### EXERCISE DETAILS
Give back exactly the lines from the one that includes "self.levels" to the last line below, both included, and no further lines.
◆ ◆ ◆
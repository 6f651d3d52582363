// The rows of two sides, numbered together: those of the left first.
ghost use Rattle.std.specs.Prelude.{◌≡◌, ◌<◌, ◌++◌, IfOk, length};
ghost use Rattle.std.specs.List.{range_with_len};
ghost use Rattle.multi_index.specs.Axes.{HaveLevels};
ghost use Rattle.sorting.specs.Sorting.{in_order};
ghost use Rattle.label_align.specs.Tuples.{row_less};
ghost use Rattle.label_align.specs.Both.{tuples_of};
ghost use Rattle.label_align.specs.Runs.{label_of_row, same_row};

use cell_core::{Label, NoMemory, Places, TextDict};
use multi_index::Axis;
use sorting::{LabelKeys, rows_by_labels};
use std::alloc::Global;

/// The rows of two axes, those of the left first.
#[derive(Clone, Copy)]
pub(crate) struct BothSides<'a> {
    pub left: &'a Axis,
    pub right: &'a Axis,
    pub levels: usize,
}

// The label of a row of an axis; NA where there is no such row or level.
fn axis_label(axis: &Axis, row: usize, level: usize) -> Label
    ensures { result ≡ label_of_row axis.now.tuples row level }
{
    if row < axis.len() && level < axis.levels() {
        axis.label(row, level)
    } else {
        Label::Na
    }
}

// The label of a row of both; NA where there is no such row or level.
pub(crate) fn label_of_both(left: &Axis, right: &Axis, row: usize, level: usize) -> Label
    ensures { result ≡ label_of_row (left.now.tuples ++ right.now.tuples) row level }
{
    let count = left.len();
    if row < count {
        axis_label(left, row, level)
    } else {
        axis_label(right, row - count, level)
    }
}

impl LabelKeys for BothSides<'_> {
    ghost use Rattle.std.specs.Prelude.{◌++◌};
    ghost use Rattle.label_align.specs.Runs.{label_of_row};

    ghost keys = { λ s. s.levels };

    ghost label_at = { λ s. label_of_row (s.left.now.tuples ++ s.right.now.tuples) };

    fn count(&self) -> usize {
        self.levels
    }

    fn at(&self, row: usize, key: usize) -> Label {
        label_of_both(self.left, self.right, row, key)
    }
}

// Whether two rows carry the same tuple.
#[tactic(auto, using(crate::proofs::OrderLaws::rows_differ))]
pub(crate) fn is_same_row(both: &BothSides<'_>, i: usize, j: usize) -> bool
    requires first { i < length (tuples_of both.now) }
    requires second { j < length (tuples_of both.now) }
    requires alike { HaveLevels both.now.levels (tuples_of both.now) }
    ensures { result ≡ same_row (tuples_of both.now) i j }
{
    for level in 0..both.levels {
        if both.at(i, level) != both.at(j, level) {
            return false;
        }
    }
    true
}

// All rows in the order of their tuples.
pub(crate) fn rows_in_order(
    alloc: Global,
    dict: &TextDict,
    both: &BothSides<'_>,
) -> Result<Places, NoMemory>
    requires { HaveLevels both.now.levels (tuples_of both.now) }
    ensures { let tuples = tuples_of both.now in
        IfOk result (λ rows. rows
        ≡ in_order (row_less dict.now tuples both.now.levels) (range_with_len 0 (length tuples))) }
{
    let Some(count) = both.left.len().checked_add(both.right.len()) else {
        return Err(NoMemory);
    };
    rows_by_labels(alloc, dict, both, true, count)
}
◆ ◆ ◆
### RESULT BELOW
        self.levels
    }

    fn at(&self, row: usize, key: usize) -> Label {
        label_of_both(self.left, self.right, row, key)
    }
}

// Whether two rows carry the same tuple.
#[tactic(auto, using(crate::proofs::OrderLaws::rows_differ))]
pub(crate) fn is_same_row(both: &BothSides<'_>, i: usize, j: usize) -> bool
    requires first { i < length (tuples_of both.now) }
    requires second { j < length (tuples_of both.now) }
    requires alike { HaveLevels both.now.levels (tuples_of both.now) }
    ensures { result ≡ same_row (tuples_of both.now) i j }
{
    for level in 0..both.levels {
        if both.at(i, level) != both.at(j, level) {
            return false;
        }
    }
    true
}

// All rows in the order of their tuples.
pub(crate) fn rows_in_order(
    alloc: Global,
    dict: &TextDict,
    both: &BothSides<'_>,
) -> Result<Places, NoMemory>
    requires { HaveLevels both.now.levels (tuples_of both.now) }
    ensures { let tuples = tuples_of both.now in
        IfOk result (λ rows. rows
        ≡ in_order (row_less dict.now tuples both.now.levels) (range_with_len 0 (length tuples))) }
{
    let Some(count) = both.left.len().checked_add(both.right.len()) else {
        return Err(NoMemory);
    };
    rows_by_labels(alloc, dict, both, true, count)
}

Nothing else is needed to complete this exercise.